> **WORK ORDER**
Once more, print the records exactly as given.

Content starts

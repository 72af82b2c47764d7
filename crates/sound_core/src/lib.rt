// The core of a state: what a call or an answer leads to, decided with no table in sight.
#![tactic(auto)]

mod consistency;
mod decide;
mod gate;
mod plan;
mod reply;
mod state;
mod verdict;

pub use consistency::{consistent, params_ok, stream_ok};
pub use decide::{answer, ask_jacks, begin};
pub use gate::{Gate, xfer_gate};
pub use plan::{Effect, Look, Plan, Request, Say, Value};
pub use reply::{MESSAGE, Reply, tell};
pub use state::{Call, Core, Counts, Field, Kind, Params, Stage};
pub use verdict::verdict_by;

Content ends

> **ANSWER BOX**
repository 72af82b2c47764d7
filename crates/sound_core/src/lib.rt
// The core of a state: what a call or an answer leads to, decided with no table in sight.
#![tactic(auto)]

mod consistency;
mod decide;
mod gate;
mod plan;
mod reply;
mod state;
mod verdict;

pub use consistency::{consistent, params_ok, stream_ok};
pub use decide::{answer, ask_jacks, begin};
pub use gate::{Gate, xfer_gate};
pub use plan::{Effect, Look, Plan, Request, Say, Value};
pub use reply::{MESSAGE, Reply, tell};
pub use state::{Call, Core, Counts, Field, Kind, Params, Stage};
pub use verdict::verdict_by;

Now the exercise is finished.